We have a combination of those two patches. Please try following.

---

diff --git a/drivers/gpu/nvgpu/gk20a/fifo_gk20a.c b/drivers/gpu/nvgpu/gk20a/fifo_gk20a.c
index fe29beb..6b88dfd 100644
--- a/drivers/gpu/nvgpu/gk20a/fifo_gk20a.c
+++ b/drivers/gpu/nvgpu/gk20a/fifo_gk20a.c
@@ -3,7 +3,7 @@
  *
  * GK20A Graphics FIFO (gr host)
  *
- * Copyright (c) 2011-2015, NVIDIA CORPORATION.  All rights reserved.
+ * Copyright (c) 2011-2016, NVIDIA CORPORATION.  All rights reserved.
  *
  * This program is free software; you can redistribute it and/or modify it
  * under the terms and conditions of the GNU General Public License,
@@ -963,7 +963,8 @@
 	g->fifo.deferred_reset_pending = false;
 
 	/* Disable ELPG */
-	gk20a_pmu_disable_elpg(g);
+	if (support_gk20a_pmu() && g->elpg_enabled)
+		gk20a_pmu_disable_elpg(g);
 
 	/* If we have recovery in progress, MMU fault id is invalid */
 	if (g->fifo.mmu_fault_engines) {
@@ -1072,12 +1073,16 @@
 			   " deferring channel recovery to channel free");
 		/* clear interrupt */
 		gk20a_writel(g, fifo_intr_mmu_fault_id_r(), fault_id);
-		return verbose;
+		goto exit_enable;
 	}
 
 	/* resetting the engines and clearing the runlists is done in
 	   a separate function to allow deferred reset. */
 	fifo_gk20a_finish_mmu_fault_handling(g, fault_id);
+
+exit_enable:
+	if (support_gk20a_pmu() && g->elpg_enabled)
+		gk20a_pmu_enable_elpg(g);
 	return verbose;
 }
 
diff --git a/drivers/gpu/nvgpu/gk20a/gr_gk20a.h b/drivers/gpu/nvgpu/gk20a/gr_gk20a.h
index 526eefb..0df9670 100644
--- a/drivers/gpu/nvgpu/gk20a/gr_gk20a.h
+++ b/drivers/gpu/nvgpu/gk20a/gr_gk20a.h
@@ -363,11 +363,14 @@
 #define gr_gk20a_elpg_protected_call(g, func) \
 	({ \
 		int err = 0; \
-		if (support_gk20a_pmu()) \
+		if (support_gk20a_pmu() && g->elpg_enabled) \
 			err = gk20a_pmu_disable_elpg(g); \
-		if (err) return err; \
+		if (err) { \
+			gk20a_pmu_enable_elpg(g); \
+			return err; \
+		} \
 		err = func; \
-		if (support_gk20a_pmu()) \
+		if (support_gk20a_pmu() && g->elpg_enabled) \
 			gk20a_pmu_enable_elpg(g); \
 		err; \
 	})

BTW, what is your criteria of this test?
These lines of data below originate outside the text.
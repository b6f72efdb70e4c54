//! Reads the rows, and finds out whether this keeper wrote them.
ghost use Rattle.std.specs.Prelude.{◌≡◌, ◌≤◌, pos, false, map, List, IsTrue, IfOk, IfErr, OnOk, IfSome, IfNone, IsSome};
ghost use Rattle.std.specs.List.{AllByRecursion};
ghost use Rattle.sqlite_trees.specs.View.{IsClean};
ghost use Rattle.sqlite_trees.specs.declared.store.Shape.TheVariants as kinds;
ghost use Rattle.enip_keep.specs.Kept.{pair_of, pairs_of};
ghost use Rattle.enip_keep_sqlite.specs.Pairs.{row_of, pair_in, pairs_in, IsOurs};
ghost use Rattle.enip_keep_sqlite.specs.Rows.{IsCalm, Looks, Gives, IsForeignAt};
ghost use Rattle.enip_keep_sqlite.specs.Causes.{IsRowCause};

use crate::write::keep_error;
use enip_keep::{Entry, KeepError};
use sqlite_trees::store::{Direction, Store};
use sqlite_value::row::Row;
use sqlite_value::value::ValueRef;
use std::alloc::{AllocError, Global};

/// The cursor that reads them.
const CURSOR: u16 = 0;

/// The entry that is stored as this row. `None` if this keeper does not write such a row.
fn entry_in(alloc: Global, row: &Row) -> Result<Option<Entry>, AllocError>
    ensures ours { IfOk result (λ found. IfSome found (λ entry. row.now ≡ row_of (pair_of entry))) }
    ensures foreign { IfOk result (λ found. IfNone found (¬ IsOurs row.now)) }
{
    if row.len() != 3 {
        return Ok(None);
    }
    match (row.get(0), row.get(1), row.get(2)) {
        (ValueRef::Int(key), ValueRef::Null, ValueRef::Blob(bytes)) if 0 <= key => {
            let bytes = Vec::from_slice(alloc, bytes)?;
            Ok(Some(Entry {
                key: key as u64,
                bytes,
            }))
        }
        _ => Ok(None),
    }
}

/// The entry at the cursor, which then moves on. `None` at the end. A row that this keeper does not write is refused.
fn next_entry<S: Store>(
    alloc: Global,
    store: &mut S,
    row: &mut Row,
) -> Result<Option<Entry>, KeepError>
    requires live { IsSome ((S.view store.old).cursors 0) }
    ensures live { OnOk result (IsSome ((S.view store.new).cursors 0)) }
    ensures ok { IsClean (S.view store.new) → IfOk result (Gives (S.view store.old) (S.view store.new)) }
    ensures looks { IsClean (S.view store.new) → OnOk result (Looks (S.view store.old) (S.view store.new)) }
    ensures cause { IsClean (S.view store.new) → IfErr result (IsRowCause (IsTrue (S.view store.old).is_broken)
        (IsForeignAt (S.view store.old)) (S.faults store.old) (S.faults store.new)) }
    ensures calm { IsCalm S.view S.faults S.recovers store.old store.new }
{
    match store.next(CURSOR, row) {
        Ok(true) => {}
        Ok(false) => return Ok(None),
        Err(error) => return Err(keep_error(error)),
    }
    match entry_in(alloc, row)? {
        Some(entry) => Ok(Some(entry)),
        None => Err(KeepError::Foreign),
    }
}

/// Places the cursor at the first row.
fn start<S: Store>(alloc: Global, store: &mut S) -> Result<(), KeepError>
    requires shape { IsClean (S.view store.old) → (S.view store.old).shape 0 ≡ kinds.Table }
    ensures live { OnOk result (IsSome ((S.view store.new).cursors 0)) }
    ensures ok { IsClean (S.view store.new) → OnOk result
        ((S.view store.new).cursors 0 ≡ Some ((S.view store.old).trees 0)) }
    ensures looks { IsClean (S.view store.new) → OnOk result (Looks (S.view store.old) (S.view store.new)) }
    ensures sound { IsClean (S.view store.new) → OnOk result ((S.view store.old).is_broken ≡ false) }
    ensures cause { IsClean (S.view store.new) → IfErr result
        (IsRowCause (IsTrue (S.view store.old).is_broken) ⊥ (S.faults store.old) (S.faults store.new)) }
    ensures calm { IsCalm S.view S.faults S.recovers store.old store.new }
{
    let first = Row::new(alloc);
    match store.seek(CURSOR, 0, &first, Direction::Forward) {
        Ok(()) => Ok(()),
        Err(error) => Err(keep_error(error)),
    }
}

/// All entries, in the order of their keys. A table with a row that this keeper does not write is refused.
pub(crate) fn read_all<S: Store>(alloc: Global, store: &mut S) -> Result<Vec<Entry>, KeepError>
    requires shape { IsClean (S.view store.old) → (S.view store.old).shape 0 ≡ kinds.Table }
    ensures rows { IsClean (S.view store.new) → IfOk result
        (λ all. map (λ e. row_of (pair_of e)) all.items ≡ (S.view store.old).trees 0) }
    ensures looks { IsClean (S.view store.new) → OnOk result (Looks (S.view store.old) (S.view store.new)) }
    ensures sound { IsClean (S.view store.new) → OnOk result ((S.view store.old).is_broken ≡ false) }
    ensures cause { IsClean (S.view store.new) → IfErr result (IsRowCause (IsTrue (S.view store.old).is_broken)
        (¬ AllByRecursion IsOurs ((S.view store.old).trees 0)) (S.faults store.old) (S.faults store.new)) }
    ensures calm { IsCalm S.view S.faults S.recovers store.old store.new }
{
    start(alloc, store)?;
    let mut row = Row::new(alloc);
    let mut all = Vec::new(alloc);
    'entries: for _ in 0..u64::MAX {
        let Some(entry) = next_entry(alloc, store, &mut row)? else {
            return Ok(all);
        };
        all.push(entry)?;
    }
    // no memory holds as many
    Err(KeepError::Memory)
}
How many times?

Hello WayneWWW,
We use the combination patch but still have the same problem as in “hdminodisplay_reset.txt”.
The latest log is attachment file “log_1214.txt”.
Is our “fifo_gk20a.c”, “gr_gk20a.h” correct?

Thanks!

gr_gk20a.h (10.5 KB)
fifo_gk20a.c (51.3 KB)
log_1214.txt (269 KB)

Hi Tim2016,

I found your error in the first line is:

ubuntu@tegra-ubuntu:~$ [ 16.492480] tegradc tegradc.0: Display timing doesn’t meet restrictions.

May I ask does this happen every time?